■ Supplied records:
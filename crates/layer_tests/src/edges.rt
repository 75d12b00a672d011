// `xm_edge`: sources and sinks in memory, and those of std, at their ends and where they fail.
use std::alloc::{AllocError, Global};
use std::io;
use std::io::{Read, Write};
use xm_edge::{
    MemSink, MemSource, ReadAllFault, ReadFailed, Sink, Source, StdSink, StdSource, WriteFailed,
    read_all, write_all,
};

// A source and a sink in memory.
#[derive(Drop)]
struct Ends {
    source: MemSource,
    sink: MemSink,
}

#[derive(Drop)]
enum Step {
    // A source of so many letters `a` and this text, and a sink with this room. They fail at the listed calls.
    Source(usize, &'static str, &'static [u32]),
    Sink(u32, &'static [u32]),
    // Reads to the end, so many bytes at most.
    ReadAll(u32, Result<&'static str, ReadAllFault>),
    // Takes two bytes at most.
    Take(Result<&'static str, ReadFailed>),
    // Puts or writes a piece, and then the sink has this text.
    Put(&'static str, Result<usize, WriteFailed>, &'static str),
    WriteAll(&'static str, Result<(), WriteFailed>, &'static str),
    // Reads five bytes at most of `abcde` from a reader of std.
    ReadPlain(Result<&'static str, ReadAllFault>),
    // The same of a reader that gives so many bytes at a call and fails at one call, and then reads on.
    ReadStd(usize, u32, Result<&'static str, ReadAllFault>, Result<&'static str, ReadAllFault>),
    // Writes `abcde` to a writer of std that takes so many bytes at a call and fails at one call, and then has this text.
    WriteStd(usize, u32, Result<(), WriteFailed>, &'static str),
}

fn answers(alloc: Global, ends: &mut Ends, step: &Step) -> bool {
    match step {
        Step::Source(count, text, failing) => {
            has_source(alloc, ends, *count, text, failing).is_ok()
        }
        Step::Sink(room, failing) => has_sink(alloc, ends, *room, failing).is_ok(),
        Step::ReadAll(most, want) => reads_all(alloc, &mut ends.source, *most, *want),
        Step::Take(want) => takes(&mut ends.source, *want),
        Step::Put(piece, want, text) => {
            puts(&mut ends.sink, piece.as_bytes(), *want) && ends.sink.bytes() == text.as_bytes()
        }
        Step::WriteAll(piece, want, text) => {
            write_all(&mut ends.sink, piece.as_bytes()) == *want
                && ends.sink.bytes() == text.as_bytes()
        }
        Step::ReadPlain(want) => {
            reads_all(alloc, &mut StdSource::new(b"abcde".as_slice()), 5, *want)
        }
        Step::ReadStd(step, failing, first, rest) => {
            reads_std(alloc, *step, *failing, *first, *rest)
        }
        Step::WriteStd(step, failing, want, text) => {
            writes_std(alloc, *step, *failing, *want, text)
        }
    }
}

fn has_source(
    alloc: Global,
    ends: &mut Ends,
    count: usize,
    text: &str,
    failing: &[u32],
) -> Result<(), AllocError> {
    let mut bytes = vec![in alloc; b'a'; count]?;
    bytes.extend_from_slice(text.as_bytes())?;
    ends.source = MemSource::new(bytes, failing.to_vec(alloc)?);
    Ok(())
}

fn has_sink(alloc: Global, ends: &mut Ends, room: u32, failing: &[u32]) -> Result<(), AllocError> {
    ends.sink = MemSink::new(alloc, room, failing.to_vec(alloc)?)?;
    Ok(())
}

fn reads_all<S: Source>(
    alloc: Global,
    source: &mut S,
    most: u32,
    want: Result<&str, ReadAllFault>,
) -> bool {
    match read_all(alloc, source, most) {
        Ok(bytes) => want.map(str::as_bytes) == Ok(bytes.as_slice()),
        Err(fault) => want.err() == Some(fault),
    }
}

fn takes(source: &mut MemSource, want: Result<&str, ReadFailed>) -> bool {
    let mut into = [0u8; 2];
    match source.take(&mut into) {
        Ok(count) => into.get(..count).map(Ok) == Some(want.map(str::as_bytes)),
        Err(fault) => want.err() == Some(fault),
    }
}

fn puts(sink: &mut MemSink, piece: &[u8], want: Result<usize, WriteFailed>) -> bool {
    !piece.is_empty() && sink.put(piece) == want
}

fn reads_std(
    alloc: Global,
    step: usize,
    failing: u32,
    first: Result<&str, ReadAllFault>,
    rest: Result<&str, ReadAllFault>,
) -> bool {
    let mut source = StdSource::new(Halting::new(b"abcde".as_slice(), step, failing));
    reads_all(alloc, &mut source, 5, first) && reads_all(alloc, &mut source, 5, rest)
}

fn writes_std(
    alloc: Global,
    step: usize,
    failing: u32,
    want: Result<(), WriteFailed>,
    text: &str,
) -> bool {
    let mut writer = Halting::new(Vec::new(alloc), step, failing);
    write_all(&mut StdSink::new(&mut writer), b"abcde") == want
        && writer.inner.as_slice() == text.as_bytes()
}

// Passes on at most `step` bytes at a call, and fails at one call.
#[derive(Drop)]
struct Halting<T> {
    inner: T,
    step: usize,
    calls: u32,
    failing: u32,
}

impl<T> Halting<T> {
    fn new(inner: T, step: usize, failing: u32) -> Halting<T> {
        Halting {
            inner,
            step,
            calls: 0,
            failing,
        }
    }

    fn length(&mut self, len: usize) -> io::Result<usize> {
        self.calls = self.calls.saturating_add(1);
        if self.calls == self.failing {
            return Err(io::Error::from(io::ErrorKind::WouldBlock));
        }
        Ok(len.min(self.step))
    }
}

impl<T: Read> Read for Halting<T> {
    fn read(&mut self, buf: &mut [u8]) -> io::Result<usize> {
        let len = self.length(buf.len())?.min(buf.len());
        self.inner.read(&mut buf[..len])
    }
}

impl<T: Write> Write for Halting<T> {
    fn write(&mut self, buf: &[u8]) -> io::Result<usize> {
        let len = self.length(buf.len())?.min(buf.len());
        self.inner.write(&buf[..len])
    }

    fn flush(&mut self) -> io::Result<()> {
        Ok(())
    }
}

const READ: Result<&str, ReadAllFault> = Err(ReadAllFault::Read);

const TOO_LONG: Result<&str, ReadAllFault> = Err(ReadAllFault::TooLong);

// What is read to the end, why it stops before, and that it goes on after a failed read.
const READING: &[Step] = &[
    Step::Source(0, "", &[]),
    Step::ReadAll(0, Ok("")),
    Step::Source(0, "", &[]),
    Step::ReadAll(8, Ok("")),
    Step::Source(0, "abc", &[]),
    Step::ReadAll(8, Ok("abc")),
    Step::Source(0, "abc", &[]),
    Step::ReadAll(3, Ok("abc")),
    Step::Source(0, "abc", &[3, 9]),
    Step::ReadAll(3, Ok("abc")),
    Step::Source(0, "a", &[]),
    Step::ReadAll(0, TOO_LONG),
    Step::Source(0, "abcd", &[]),
    Step::ReadAll(3, TOO_LONG),
    Step::Source(0, "abcd", &[2]),
    Step::ReadAll(3, TOO_LONG),
    Step::Source(0, "", &[1]),
    Step::ReadAll(3, READ),
    Step::Source(0, "abc", &[1]),
    Step::ReadAll(3, READ),
    Step::Source(0, "abc", &[5, 2]),
    Step::ReadAll(3, READ),
    // The first 64 KiB came before the fault in mid-stream and are gone. The rest is still there.
    Step::Source(65536, "xyz", &[2]),
    Step::ReadAll(4_194_304, READ),
    Step::ReadAll(4_194_304, Ok("xyz")),
    // A failed take takes nothing.
    Step::Source(0, "abc", &[2]),
    Step::Take(Ok("ab")),
    Step::Take(Err(ReadFailed)),
    Step::Take(Ok("c")),
    Step::Take(Ok("")),
    Step::Take(Ok("")),
    Step::ReadPlain(Ok("abcde")),
    Step::ReadStd(2, 2, READ, Ok("cde")),
];

// What is written. A failed put appends nothing, and an empty piece is written without a call, so that none can fail.
const WRITING: &[Step] = &[
    Step::Sink(4, &[2]),
    Step::Put("abc", Ok(3), "abc"),
    Step::Put("d", Err(WriteFailed), "abc"),
    Step::Put("de", Err(WriteFailed), "abc"),
    Step::Put("d", Ok(1), "abcd"),
    Step::Put("e", Err(WriteFailed), "abcd"),
    Step::Sink(3, &[]),
    Step::WriteAll("abc", Ok(()), "abc"),
    Step::Sink(9, &[2]),
    Step::WriteAll("abc", Ok(()), "abc"),
    Step::Sink(2, &[]),
    Step::WriteAll("abc", Err(WriteFailed), ""),
    Step::Sink(3, &[1]),
    Step::WriteAll("abc", Err(WriteFailed), ""),
    Step::Sink(0, &[1]),
    Step::WriteAll("", Ok(()), ""),
    Step::Sink(0, &[]),
    Step::WriteAll("a", Err(WriteFailed), ""),
    // A writer that fails, and one that takes nothing, leave what was written before.
    Step::WriteStd(5, 0, Ok(()), "abcde"),
    Step::WriteStd(2, 0, Ok(()), "abcde"),
    Step::WriteStd(2, 3, Err(WriteFailed), "abcd"),
    Step::WriteStd(2, 1, Err(WriteFailed), ""),
    Step::WriteStd(0, 0, Err(WriteFailed), ""),
];

#[test]
fn bytes_in_and_out(rt: HostRuntime) -> Result<(), AllocError> {
    let mut ends = Ends {
        source: MemSource::new(Vec::new(rt.alloc()), Vec::new(rt.alloc())),
        sink: MemSink::new(rt.alloc(), 0, Vec::new(rt.alloc()))?,
    };
    for (name, steps) in [("reading", READING), ("writing", WRITING)] {
        for (row, step) in steps.iter().enumerate() {
            assert!(rt; answers(rt.alloc(), &mut ends, step), "{name}, row {row}");
        }
    }
    Ok(())
}
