// `number_pairs`: pairs that are added, found in order and taken out.
use number_pairs::Pairs;
use std::alloc::AllocError;

#[derive(Drop)]
enum Step {
    Insert(u32, u32),
    Remove(u32, u32),
    // The least that stands beside the first number and above the last one.
    Next(u32, Option<u32>, Option<u32>),
}

fn answers(pairs: &mut Pairs, step: &Step) -> bool {
    match step {
        Step::Insert(first, second) => pairs.insert(*first, *second) == Ok(()),
        Step::Remove(first, second) => {
            pairs.remove(*first, *second);
            true
        }
        Step::Next(first, last, want) => pairs.next(*first, *last) == *want,
    }
}

// The row that answers something else than wanted, where there is one.
fn first_wrong(pairs: &mut Pairs, steps: &[Step]) -> Option<usize> {
    for (row, step) in steps.iter().enumerate() {
        if !answers(pairs, step) {
            return Some(row);
        }
    }
    None
}

const STEPS: &[Step] = &[
    Step::Next(2, None, None),
    Step::Insert(2, 7),
    Step::Insert(2, 3),
    Step::Insert(2, 3),
    Step::Insert(1, 9),
    Step::Insert(3, 0),
    Step::Next(2, None, Some(3)),
    Step::Next(2, Some(3), Some(7)),
    Step::Next(2, Some(7), None),
    Step::Next(3, None, Some(0)),
    Step::Next(4, None, None),
    Step::Remove(2, 3),
    Step::Remove(2, 4),
    Step::Next(2, None, Some(7)),
    Step::Next(1, Some(4_294_967_295), None),
];

#[test]
fn pairs_in_order(rt: HostRuntime) -> Result<(), AllocError> {
    let mut pairs = Pairs::new(rt.alloc());
    let row = first_wrong(&mut pairs, STEPS);
    assert_eq!(rt; row, None);
    Ok(())
}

■ What you are asked to do: Retype only the lines above between the line with "ends.sink = MemSink::new(alloc, room, failing.to_vec(alloc)?)?;" and the line with "match read_all(alloc, source, most)", counting those two lines as well, and keep every character as it is.

■ Finished exercise:
    ends.sink = MemSink::new(alloc, room, failing.to_vec(alloc)?)?;
    Ok(())
}

fn reads_all<S: Source>(
    alloc: Global,
    source: &mut S,
    most: u32,
    want: Result<&str, ReadAllFault>,
) -> bool {
    match read_all(alloc, source, most) {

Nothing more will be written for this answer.